Work item:
Nothing in the entries may be dropped: restate them word for word.

==== Data supplied

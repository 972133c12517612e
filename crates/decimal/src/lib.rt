//! Numbers read from decimal digits and written as them, eight digits at a time.
#![tactic(auto)]

mod read;
mod write;

pub use read::read_decimal;
pub use write::push_decimal;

========

Answer space:
repository 972133c12517612e
filename crates/decimal/src/lib.rt
//! Numbers read from decimal digits and written as them, eight digits at a time.
#![tactic(auto)]

mod read;
mod write;

pub use read::read_decimal;
pub use write::push_decimal;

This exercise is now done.